# TASK TO CARRY OUT
Read the listing and extract each line that includes the word "IfOk".

# GIVEN RECORDS
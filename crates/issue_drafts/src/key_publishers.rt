//! Where the keys of an edition publish (RFC 6481 section 2).

ghost use Rattle.std.specs.Prelude.{◌≡◌, ◌<◌, ◌++◌, ◌∷◌, [], length, map, All, Some, None, IfOk, OnOk, option_map, option_copied, string_bytes};
ghost use Rattle.issue_keys.specs.Indexes.{IsIndex, key_positions};
ghost use Rattle.issue_values.specs.Publishers.{publishing};
ghost use Rattle.issue_drafts.specs.WorkKeys.{key_of, key_named, keys_at, Finds};
ghost use Rattle.issue_drafts.specs.IssueInput.{input_of};
ghost use Rattle.issue_drafts.specs.Publishers.{name_at, made_uri, subject_key, issuer_for, certified_key, standing_for, certificate_of, publishing_of};

use crate::draft::KeyAt;
use crate::issue_parts::IssueParts;
use crate::key_finder::KeyFinder;
use crate::placed_keys::{key_named, key_there};
use authority_book::NameRow;
use issue_keys::{KeyIndex, KeyPosition, index_of};
use issue_values::Publisher;
use key_ids::{KeyId, Site};
use key_roll::{CertWork, IssuedRow, KeyName, KeyRow, What};
use names::Name;
use pub_set::Uri;
use std::alloc::{AllocError, Global};

/// The name of a desk's authority. Desks are numbered from 0.
pub fn name_of(names: &[NameRow], desk: u32) -> Name
    requires { desk < length names.now }
    ensures { result ≡ name_at names.now desk }
{
    names[desk as usize].name
}

/// The URI of a certificate that the work makes.
pub fn made_uri(
    alloc: Global,
    site: &Site,
    names: &[NameRow],
    issuer: &KeyAt<'_>,
    subject: &KeyAt<'_>,
) -> Result<String, AllocError>
    requires { issuer.now.row.now.desk < length names.now }
    ensures { IfOk result (λ uri. string_bytes uri
        ≡ made_uri site.now names.now issuer.now.row.now subject.now.row.now) }
{
    let (by, id) = (issuer.id(), subject.id());
    if by.bytes == id.bytes {
        site.anchor_uri(alloc)
    } else {
        site.cert_uri(alloc, name_of(names, issuer.row.desk).as_str(), &id)
    }
}

/// The identifier of the key that a name stands for.
fn id_named(rows: &[KeyRow], finder: &KeyFinder, name: &KeyName) -> Option<KeyId>
    requires { Finds (keys_at rows.now finder.now.first_fresh) finder.now }
    ensures { result ≡ option_map key_of (key_named (keys_at rows.now finder.now.first_fresh) name.now) }
{
    match key_named(rows, finder, name) {
        Some(key) => Some(key.id()),
        None => None,
    }
}

/// The identifiers of the subjects of certificates that the work makes.
fn subject_keys(
    alloc: Global,
    certs: &[CertWork],
    rows: &[KeyRow],
    finder: &KeyFinder,
) -> Result<Vec<Option<KeyId>>, AllocError>
    requires { Finds (keys_at rows.now finder.now.first_fresh) finder.now }
    ensures { IfOk result (λ keys. keys.items
        ≡ map (subject_key (keys_at rows.now finder.now.first_fresh)) certs.now) }
{
    let mut keys = Vec::with_capacity(alloc, certs.len())?;
    for cert in certs {
        keys.push(id_named(rows, finder, &cert.subject))?;
    }
    Ok(keys)
}

/// The positions of these certificates, by their subjects.
fn made_certificates(
    alloc: Global,
    certs: &[CertWork],
    rows: &[KeyRow],
    finder: &KeyFinder,
) -> Result<KeyIndex, AllocError>
    requires { Finds (keys_at rows.now finder.now.first_fresh) finder.now }
    ensures { IfOk result
        (IsIndex (map (subject_key (keys_at rows.now finder.now.first_fresh)) certs.now)) }
{
    let keys = subject_keys(alloc, certs, rows, finder)?;
    let index = index_of(alloc, &keys)?;
    Ok(index)
}

/// Appends the position of an object under the key that it certifies, if it certifies one.
fn push_certified(
    certified: &mut Vec<KeyPosition>,
    what: &What,
    position: usize,
) -> Result<(), AllocError>
    ensures { OnOk result (certified.new.items
        ≡ certified.old.items ++ key_positions position (certified_key what.now ∷ [])) }
{
    match what {
        What::Authority { key, .. } => certified.push(KeyPosition {
            key: *key,
            position,
        })?,
        What::Route { .. } | What::Point => {}
    }
    Ok(())
}

/// The positions of the certificates that stand, in their order: a few for each authority.
fn certified_positions(alloc: Global, issued: &[IssuedRow]) -> Result<Vec<KeyPosition>, AllocError>
    ensures { IfOk result (λ certified.
        key_positions 0 (map (λ row. certified_key row.what) issued.now) ≡ certified.items) }
{
    let mut certified = Vec::new(alloc);
    for (position, row) in issued.iter().enumerate() {
        push_certified(&mut certified, &row.what, position)?;
    }
    Ok(certified)
}

/// The positions of the certificates that stand, by their subjects.
fn standing_certificates(alloc: Global, issued: &[IssuedRow]) -> Result<KeyIndex, AllocError>
    ensures { IfOk result (IsIndex (map (λ row. certified_key row.what) issued.now)) }
{
    let certified = certified_positions(alloc, issued)?;
    let index = KeyIndex::new(certified)?;
    Ok(index)
}

/// The certificate that stands for a key.
fn standing_for<'a>(issued: &'a [IssuedRow], index: &KeyIndex, key: &KeyAt<'_>) -> Option<&'a str>
    requires { IsIndex (map (λ r. certified_key r.what) issued.now) index.now }
    ensures { option_copied result ≡ standing_for issued.now key.now.row.now }
{
    match index.first(&key.id) {
        Some(position) => Some(issued[position].uri.as_str()),
        None => None,
    }
}

/// The issuer of the certificate that the work makes for a key.
fn issuer_for<'a>(
    certs: &[CertWork],
    rows: &'a [KeyRow],
    finder: &KeyFinder,
    index: &KeyIndex,
    key: &KeyAt<'_>,
) -> Option<KeyAt<'a>>
    requires finds { Finds (keys_at rows.now finder.now.first_fresh) finder.now }
    requires index { IsIndex
        (map (subject_key (keys_at rows.now finder.now.first_fresh)) certs.now) index.now }
    ensures { option_map (λ k. k.row.now) result
        ≡ issuer_for (keys_at rows.now finder.now.first_fresh) certs.now key.now.row.now }
{
    match index.first(&key.id) {
        Some(position) => key_named(rows, finder, &certs[position].issuer),
        None => None,
    }
}

/// Where the certificates of keys stand.
#[derive(Debug, Drop)]
struct Certificates {
    made: KeyIndex,
    standing: KeyIndex,
}

/// The URI of a key's certificate: the trust anchor's, the one that the work makes, or the one that stands.
fn certificate_uri(
    alloc: Global,
    at: &IssueParts<'_>,
    rows: &[KeyRow],
    finder: &KeyFinder,
    certificates: &Certificates,
    key: &KeyAt<'_>,
) -> Result<String, AllocError>
    requires names { All (λ row. row.desk < length at.now.names.now) rows.now }
    requires finds { Finds (keys_at rows.now finder.now.first_fresh) finder.now }
    requires made { IsIndex (map (subject_key (keys_at rows.now finder.now.first_fresh))
        at.now.work.now.certs) certificates.now.made }
    requires standing { IsIndex (map (λ r. certified_key r.what) at.now.issued.now) certificates.now.standing }
    ensures { IfOk result (λ uri. string_bytes uri
        ≡ certificate_of (input_of at.now) (keys_at rows.now finder.now.first_fresh) key.now.row.now) }
{
    if key.row.desk == 0 {
        return at.site.anchor_uri(alloc);
    }
    let certs = at.work.certs.as_slice();
    if let Some(issuer) = issuer_for(certs, rows, finder, &certificates.made, key) {
        return made_uri(alloc, at.site, at.names, &issuer, key);
    }
    match standing_for(at.issued, &certificates.standing, key) {
        Some(uri) => String::from_str(alloc, uri),
        None => at.site.anchor_uri(alloc),
    }
}

/// A key, and where it publishes.
fn publisher(
    alloc: Global,
    at: &IssueParts<'_>,
    rows: &[KeyRow],
    finder: &KeyFinder,
    certificates: &Certificates,
    key: &KeyAt<'_>,
) -> Result<Publisher, AllocError>
    requires names { All (λ row. row.desk < length at.now.names.now) rows.now }
    requires own { key.now.row.now.desk < length at.now.names.now }
    requires finds { Finds (keys_at rows.now finder.now.first_fresh) finder.now }
    requires made { IsIndex (map (subject_key (keys_at rows.now finder.now.first_fresh))
        at.now.work.now.certs) certificates.now.made }
    requires standing { IsIndex (map (λ r. certified_key r.what) at.now.issued.now) certificates.now.standing }
    ensures { IfOk result (λ p. publishing p
        ≡ publishing_of (input_of at.now) (keys_at rows.now finder.now.first_fresh) key.now.row.now) }
{
    let uri = certificate_uri(alloc, at, rows, finder, certificates, key)?;
    let name = name_of(at.names, key.row.desk);
    Ok(Publisher {
        key: key.row.key,
        id: key.id,
        name,
        certificate: Uri::new(uri),
    })
}

/// The keys of an edition, and where they publish.
pub fn publishers(
    alloc: Global,
    at: &IssueParts<'_>,
    rows: &[KeyRow],
    finder: &KeyFinder,
) -> Result<Vec<Publisher>, AllocError>
    requires names { All (λ row. row.desk < length at.now.names.now) rows.now }
    requires finds { Finds (keys_at rows.now finder.now.first_fresh) finder.now }
    ensures { IfOk result (λ publishers. map publishing publishers.items
        ≡ map (publishing_of (input_of at.now) (keys_at rows.now finder.now.first_fresh)) rows.now) }
{
    let certificates = Certificates {
        made: made_certificates(alloc, at.work.certs.as_slice(), rows, finder)?,
        standing: standing_certificates(alloc, at.issued)?,
    };
    let mut publishers = Vec::with_capacity(alloc, rows.len())?;
    for position in 0..rows.len() {
        let key = key_there(rows, finder, position);
        let publisher = publisher(alloc, at, rows, finder, &certificates, &key)?;
        publishers.push(publisher)?;
    }
    Ok(publishers)
}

# FINAL ANSWER
ghost use Rattle.std.specs.Prelude.{◌≡◌, ◌<◌, ◌++◌, ◌∷◌, [], length, map, All, Some, None, IfOk, OnOk, option_map, option_copied, string_bytes};
    ensures { IfOk result (λ uri. string_bytes uri
    ensures { IfOk result (λ keys. keys.items
    ensures { IfOk result
    ensures { IfOk result (λ certified.
    ensures { IfOk result (IsIndex (map (λ row. certified_key row.what) issued.now)) }
    ensures { IfOk result (λ uri. string_bytes uri
    ensures { IfOk result (λ p. publishing p
    ensures { IfOk result (λ publishers. map publishing publishers.items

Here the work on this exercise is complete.